*** Block opens ***

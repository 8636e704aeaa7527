//! Spools: the end of a journal, as one of its members holds it.
//!
//! `specs/Spools.antt` says what a spool is and what becomes of it: an entry more, a greater head, a trim.
//!
//! ```text
//! let mut spool = Spool::adopt(image).ok_or(Refused)?;        // an image whose head stands between its begin and its end
//! spool.push(entry)?;                                         // at the end
//! spool.raise_head(spool.end());                              // what all members hold
//! let freed = spool.trim_to(stored);                          // what the store has is dropped
//! ```
#![tactic(auto)]

mod error;
mod laws;
mod spool;

pub use error::SpoolError;
pub use laws::heads_stay_within;
pub use spool::Spool;
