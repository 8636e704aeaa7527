//! What holds of every spool.
ghost use Rattle.std.specs.Prelude.{◌≡◌, ◌≤◌, ℕ};
ghost use Rattle.gz_label.specs.declared.entry.Entry.{Entry};
ghost use Rattle.gz_label.specs.declared.entry.Image.{Image};
ghost use Rattle.gz_spool.specs.Spools.{extended, raised, spool_end};

/// A head never falls and never passes the end, and raising it moves nothing else. An entry moves the head not at all.
pub fn heads_stay_within()
    ensures rises { (head : ℕ) (i : Image) → i.head ≤ (raised head i).head }
    ensures within { (head : ℕ) (i : Image) → i.head ≤ spool_end i →
        (raised head i).head ≤ spool_end i }
    ensures keeps { (head : ℕ) (i : Image) → (raised head i).entries ≡ i.entries }
    ensures stays { (entry : Entry) (i : Image) → (extended entry i).head ≡ i.head }
{}
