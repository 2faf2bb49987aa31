//! Whether tests hold on a day. Only the truth value is carried, and its kind is not looked up.

ghost use Rattle.std.specs.Prelude.{◌≡◌, true, slice_get, IfSome};
ghost use Rattle.term_model.specs.Terms.{expression};
ghost use Rattle.term_model.specs.Environments.{held};
ghost use Rattle.expr_eval.specs.Bindings.{bindings};
ghost use Rattle.expr_eval.specs.Runs.{of_binding, of_held};
ghost use Rattle.expr_eval.specs.Fits.{IsDay};
ghost use Rattle.expr_eval.specs.Evaluations.{FitsIn, comparison_over, logic_over};
ghost use Rattle.expr_eval.specs.Comparing.{truth_found};
ghost use Rattle.expr_eval.specs.Truths.{DayFitsWith, DaysFitAfter, DaysFitOf, is_verdict, opposite_of, truth_after, truth_from, truth_held, truth_of, truth_with};
ghost use Rattle.expr_eval.specs.Latches.{IsKept, keeps, truth_at};

use crate::bindings::Bindings;
use crate::evaluation::{evaluate, evaluate_days};
use crate::operations::{Operands, Typed, compare, is_decided};
use crate::scratch::{Binding, Held};
use crate::searches::search;
use crate::stops::{Stop, is_wanted};
use fixing_files::Fixings;
use term_model::{CmpOp, Decls, Expr, LogicOp, Missing, Value, day_read, days_earlier, days_later};

// The truth value that an entry holds.
fn truth_entered(binding: &Binding) -> Result<bool, Missing>
    ensures { result ≡ truth_found (of_held binding.now.kind binding.now.held) }
{
    match binding.held {
        Held::Known { value } => Ok(value.is_true()),
        Held::Lacking { missing } => Err(missing),
    }
}

/// The truth value of a name.
pub fn truth_bound(names: &Bindings, back: u32) -> Result<bool, Missing>
    ensures { result ≡ truth_found (of_binding (slice_get (bindings names.now) back)) }
{
    match names {
        Bindings::Lent { scratch } => match scratch.at(back as usize) {
            Some(binding) => truth_entered(&binding),
            None => Ok(false),
        },
        Bindings::Inner { binding, outer } => {
            if back == 0 {
                truth_entered(binding)
            } else {
                truth_bound(outer, back - 1)
            }
        }
    }
}

// The truth value of what is observed on a day.
fn truth_observed(label: u32, day: i64, fixings: &Fixings) -> Result<bool, Missing>
    ensures { result ≡ truth_held (held fixings.now (record { label = label; day = day }))
        label day }
{
    match fixings.get(label, day) {
        Some(value) => Ok(value.is_true()),
        None => Err(Missing { label, day }),
    }
}

// Whether two numbers compare so, the left one first.
fn holds_between(
    decls: &Decls,
    op: CmpOp,
    left: &Expr,
    right: &Expr,
    names: &Bindings,
    fixings: &Fixings,
    day: i64,
) -> Result<bool, Missing>
    requires { FitsIn decls.now (comparison_over op left.now right.now) names.now fixings.now day }
    ensures { result ≡ truth_of decls.now (comparison_over op left.now right.now) names.now
        fixings.now day }
{
    let left = evaluate(decls, left, names, fixings, day)?;
    let right = evaluate(decls, right, names, fixings, day)?;
    Ok(compare(op, Operands { left, right }).value.is_true())
}

// Whether any other test holds.
fn holds_otherwise(
    decls: &Decls,
    test: &Expr,
    names: &Bindings,
    fixings: &Fixings,
    day: i64,
) -> Result<bool, Missing>
    requires { FitsIn decls.now (expression test.now) names.now fixings.now day }
    ensures { result ≡ truth_of decls.now (expression test.now) names.now fixings.now day }
{
    let found = evaluate(decls, test, names, fixings, day)?;
    Ok(found.value.is_true())
}

/// Whether a test holds on a day, or the first place that is not fixed.
#[inline(always)]
#[cycle(truths)]
pub fn holds(
    decls: &Decls,
    test: &Expr,
    names: &Bindings,
    fixings: &Fixings,
    day: i64,
) -> Result<bool, Missing>
    requires { FitsIn decls.now (expression test.now) names.now fixings.now day }
    ensures { result ≡ truth_of decls.now (expression test.now) names.now fixings.now day }
{
    match test {
        Expr::Yes { value } => Ok(*value),
        Expr::Var { back } => truth_bound(names, *back),
        Expr::Obs { label, offset } => truth_observed(*label, day_read(day, *offset), fixings),
        Expr::Not { of } => holds_not(decls, of, names, fixings, day),
        Expr::Logic { op, left, right } => {
            holds_joined(decls, *op, left, right, names, fixings, day)
        }
        Expr::Cmp { op, left, right } => {
            holds_between(decls, *op, left, right, names, fixings, day)
        }
        Expr::Acc { body, days, first } => {
            let from = days_earlier(day, *days);
            holds_after(decls, body, *days, first, names, fixings, from)
        }
        _ => holds_otherwise(decls, test, names, fixings, day),
    }
}

// Whether a test does not hold.
#[cycle(truths)]
fn holds_not(
    decls: &Decls,
    of: &Expr,
    names: &Bindings,
    fixings: &Fixings,
    day: i64,
) -> Result<bool, Missing>
    requires { FitsIn decls.now (opposite_of of.now) names.now fixings.now day }
    ensures { result ≡ truth_of decls.now (opposite_of of.now) names.now fixings.now day }
{
    let of = holds(decls, of, names, fixings, day)?;
    Ok(!of)
}

// Whether two tests hold together; the right one is tried only where the left does not decide.
#[cycle(truths)]
fn holds_joined(
    decls: &Decls,
    op: LogicOp,
    left: &Expr,
    right: &Expr,
    names: &Bindings,
    fixings: &Fixings,
    day: i64,
) -> Result<bool, Missing>
    requires { FitsIn decls.now (logic_over op left.now right.now) names.now fixings.now day }
    ensures { result ≡ truth_of decls.now (logic_over op left.now right.now) names.now
        fixings.now day }
{
    let left = holds(decls, left, names, fixings, day)?;
    if is_decided(op, left) {
        return Ok(left);
    }
    holds(decls, right, names, fixings, day)
}

// Whether an expression has truth values alone, by its form.
fn is_verdict(e: &Expr) -> bool
    ensures { result ≡ is_verdict (expression e.now) }
{
    matches!(
        e,
        Expr::Yes { .. } | Expr::Cmp { .. } | Expr::Not { .. } | Expr::Logic { .. }
    )
}

// The truth value that an accumulator with this body keeps once its name has it: its name decides
// before anything is read.
fn value_kept(body: &Expr) -> Option<bool>
    ensures { IfSome result (λ kept. IsKept kept (expression body.now)) }
{
    match body {
        Expr::Logic { op, .. } => {
            let kept = is_decided(*op, true);
            if keeps(kept, body) { Some(kept) } else { None }
        }
        _ => None,
    }
}

// Whether the innermost name decides first, where it has a truth value.
fn keeps(kept: bool, e: &Expr) -> bool
    ensures { result ≡ keeps kept (expression e.now) }
{
    match e {
        Expr::Var { back } => *back == 0,
        Expr::Logic { op, left, .. } => is_decided(*op, kept) && keeps(kept, left),
        _ => false,
    }
}

// The truth value of an accumulator that keeps one, by where its body stops that does not have it.
fn truth_at(stop: Stop, kept: bool) -> Result<bool, Missing>
    ensures { result ≡ truth_at kept stop }
{
    match stop {
        Stop::Never => Ok(!kept),
        Stop::Met { .. } => Ok(kept),
        Stop::Lacking { missing, .. } => Err(missing),
    }
}

// The truth value of an accumulator after its days, where it keeps one and its body can be searched
// for it.
fn kept_after(
    decls: &Decls,
    body: &Expr,
    days: u32,
    start: Typed,
    names: &Bindings,
    fixings: &Fixings,
    from: i64,
) -> Option<Result<bool, Missing>>
    requires { IsDay from }
    ensures { IfSome result (λ r. r ≡ truth_from decls.now body.now start names.now
        fixings.now from days) }
{
    let kept = value_kept(body)?;
    let Value::Truth { value } = start.value else {
        return None;
    };
    if is_wanted(kept, value) {
        return Some(Ok(kept));
    }
    let inner = Bindings::Inner {
        binding: Binding {
            kind: start.kind,
            held: Held::Known { value: start.value },
        },
        outer: &*names,
    };
    let stop = search(
        decls,
        body,
        kept,
        &inner,
        fixings,
        days_later(from, 1),
        days,
    )?;
    Some(truth_at(stop, kept))
}

// The truth value of an accumulator after its days, from its start, which stands on the day before
// the first of them.
#[cycle(truths)]
fn holds_after(
    decls: &Decls,
    body: &Expr,
    days: u32,
    first: &Expr,
    names: &Bindings,
    fixings: &Fixings,
    from: i64,
) -> Result<bool, Missing>
    requires start { FitsIn decls.now (expression first.now) names.now fixings.now from }
    requires days { DaysFitAfter decls.now body.now first.now names.now fixings.now from days }
    requires day { IsDay from }
    ensures { result ≡ truth_after decls.now body.now first.now names.now fixings.now from days }
{
    if !is_verdict(body) {
        let after = evaluate_days(decls, body, days, first, names, fixings, from)?;
        return Ok(after.value.is_true());
    }
    let start = evaluate(decls, first, names, fixings, from)?;
    if let Some(found) = kept_after(decls, body, days, start, names, fixings, from) {
        return found;
    }
    verdict_after(decls, body, days, start, names, fixings, from)
}

// The same from the value of its start, where the body has truth values alone.
#[cycle(truths)]
fn verdict_after(
    decls: &Decls,
    body: &Expr,
    days: u32,
    start: Typed,
    names: &Bindings,
    fixings: &Fixings,
    from: i64,
) -> Result<bool, Missing>
    requires body { is_verdict (expression body.now) ≡ true }
    requires days { DaysFitOf decls.now body.now start names.now fixings.now from days }
    requires day { IsDay from }
    ensures { result ≡ truth_from decls.now body.now start names.now fixings.now from days }
{
    let mut value = start;
    for i in 0..days {
        let day = days_later(from, i + 1);
        let holds = holds_then(decls, body, value, names, fixings, day)?;
        value.value = Value::Truth { value: holds };
    }
    Ok(value.value.is_true())
}

// Whether the body of an accumulator holds on a day, with a value for its name.
#[cycle(truths)]
fn holds_then(
    decls: &Decls,
    body: &Expr,
    value: Typed,
    names: &Bindings,
    fixings: &Fixings,
    day: i64,
) -> Result<bool, Missing>
    requires { DayFitsWith decls.now body.now value names.now fixings.now day }
    ensures { result ≡ truth_with decls.now body.now value names.now fixings.now day }
{
    let inner = Bindings::Inner {
        binding: Binding {
            kind: value.kind,
            held: Held::Known { value: value.value },
        },
        outer: &*names,
    };
    holds(decls, body, &inner, fixings, day)
}
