//! Values of expressions on a day.

ghost use Rattle.std.specs.Prelude.{◌≡◌, ◌≤◌, ◌^◌, unsigned_abs};
ghost use Rattle.term_model.specs.Declarations.{declarations};
ghost use Rattle.term_model.specs.Terms.{expression};
ghost use Rattle.term_model.specs.Environments.{IsAdmitted};
ghost use Rattle.expr_eval.specs.Evaluable.{MayEvaluate};
ghost use Rattle.expr_eval.specs.Answers.{IsSuitedAnswer};

use crate::bindings::Bindings;
use crate::evaluation::{evaluate, without_kind};
use crate::scratch::Scratch;
use fixing_files::Fixings;
use term_model::{Decls, Expr, Missing, Value};

/// The value of an expression on a day of the portfolio, over fixings, with the entries of a
/// scratch for its names: the mantissa of a number at the scale of its kind, or a truth value. It
/// lacks a place exactly where one that the expression reads is not fixed, and then answers the
/// first; a lacking entry is the first such place of its name. It takes time by the work of the
/// expression, and no memory.
pub fn eval(
    decls: &Decls,
    e: &Expr,
    scratch: &mut Scratch,
    fixings: &Fixings,
    day: i64,
) -> Result<Value, Missing>
    requires place { MayEvaluate (declarations decls.now) (expression e.now) scratch.old.entries }
    requires admitted { IsAdmitted (declarations decls.now) fixings.now }
    requires day { unsigned_abs day ≤ 10 ^ 12 }
    ensures answer { IsSuitedAnswer (declarations decls.now) (expression e.now) scratch.old.entries
        fixings.now day result }
    ensures same { scratch.new ≡ scratch.old }
{
    let names = Bindings::Lent { scratch: &*scratch };
    without_kind(evaluate(decls, e, &names, fixings, day))
}
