//! Values of expressions on a day, over fixings, with entries for the names that are bound around
//! them.
//!
//! ```text
//! let mut scratch = Scratch::for_contract(alloc, &contr)?;
//! let value = eval(&portfolio.decls, &expr, &mut scratch, &fixings, day)?;
//! ```
//!
//! Promised: `eval` answers the value of the model, the same in every environment that extends the
//! fixings, or the first read that is not fixed (`IsAnswer`). `operations` has one operator each on
//! typed values, and
//! `value_bound` to `without_kind` are steps of `eval`, for evaluators of other languages.
//! Only tested: that a scratch is made where there is memory (`library_tests/src/terms.rt`); `eval`
//! takes none.
#![tactic(auto)]

mod bindings;
mod blocks;
mod comparisons;
mod evaluation;
mod heights;
mod kinds;
mod laws;
mod levels;
pub mod operations;
mod operators;
mod scratch;
mod searches;
mod stops;
mod sums;
mod trials;
mod truths;
mod values;
mod watches;

pub use bindings::{Bindings, kind_at};
pub use evaluation::{value_bound, value_found, without_kind};
pub use kinds::{kind_observed, kind_of};
pub use laws::{answers_may_be_entered, parts_may_be_evaluated};
pub use scratch::{Binding, Held, Scratch};
pub use term_model::Kind;
pub use trials::first_true;
pub use values::eval;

*** Block closes ***

- [DIRECTIONS FOR THIS TASK]: Your task is to copy each line of the listing that holds the word "place".

- [RESPONSE TO THIS TASK]:
/// Whether a test holds on a day, or the first place that is not fixed.
/// lacks a place exactly where one that the expression reads is not fixed, and then answers the
/// first; a lacking entry is the first such place of its name. It takes time by the work of the
    requires place { MayEvaluate (declarations decls.now) (expression e.now) scratch.old.entries }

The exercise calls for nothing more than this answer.